By inheriting from BaseMultiModalModel
, you can leverage the prebuilt features and methods provided by the library while customizing the behavior of your multimodal model. This allows you to create powerful and specialized models for various multimodal tasks.
These examples demonstrate how to use MultiModalAI to run multimodal models with text and image inputs.

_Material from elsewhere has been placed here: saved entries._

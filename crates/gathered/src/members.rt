// The members of a subject.
ghost use Rattle.answers.specs.Answers.{MembersAnswer};
ghost use Rattle.store.specs.Store.{committed};
ghost use Rattle.powers.specs.EvaluationOf.{EvaluationOf};

use answers::{marks, sought};
use evaluation::Evaluation;
use keyline::limits::{KEY_LENGTH, KEY_LIMIT};
use keyline::refusal::Refusal;
use store::Store;

// The members of the subject, ascending: keys in one buffer, power bytes in another. The count comes from ones.
pub fn members(
    store: &Store,
    evaluation: &Evaluation,
    subject: &[u8],
    keys: &mut [u8],
    powers: &mut [u8],
) -> Result<usize, Refusal>
    requires { EvaluationOf store.now evaluation.now }
    ensures { MembersAnswer (committed store.now) subject.now keys.old powers.old result keys.new powers.new }
{
    let n = store.keys.count;
    let table = &store.keys.table;
    match sought::seek_key(table, n, subject)? {
        None => Ok(0),
        Some(s) => {
            let row = evaluation.levels(s);
            let on = marks::member_marks(&row, n, s.0);
            let c = runs::list::choose(table, KEY_LIMIT, n, &on);
            let letters = marks::letters(&row);
            let k = keyset::count(marks::member_word(&row, n, s.0));
            let need = KEY_LENGTH * k;
            if keys.len() < need {
                return Err(Refusal::SmallBuffer(need));
            }
            if powers.len() < k {
                return Err(Refusal::SmallBuffer(k));
            }
            runs::list::put_runs(table, &c.places, k, keys);
            runs::list::put_values(&letters, &c.places, k, powers);
            Ok(k)
        }
    }
}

You can adjust the parameters and methods to suit your specific use cases.
6. Additional Tips ¶
Here are some additional tips and considerations for using MultiModalAI effectively:
-
Custom Models: You can create your own multimodal models and inherit from the
BaseMultiModalModel
class to integrate them with this library. -
Retries: In cases where text generation might fail due to various reasons (e.g., server issues), using methods with retries can be helpful.
-
Monitoring: You can monitor the performance of your model using methods like
_tokens_per_second()
and_time_for_generation()
. -
Chat History: The library maintains a chat history, allowing you to keep track of interactions.
-
Streaming: The
stream()
method can be useful for displaying output character by character, which can be helpful for certain applications.
7. References and Resources ¶
Here are some references and resources that you may find useful for working with multimodal models:
-
Hugging Face Transformers Library: A library for working with various transformer-based models.
-
PIL (Python Imaging Library): Documentation for working with images in Python using the Pillow library.
-
Concurrent Programming in Python: Official Python documentation for concurrent programming.
-
Requests Library Documentation: Documentation for the Requests library, which is used for making HTTP requests.
-
Base64 Encoding in Python: Official Python documentation for base64 encoding and decoding.
This concludes the documentation for the MultiModalAI library. You can now explore the library further and integrate it with your multimodal AI projects.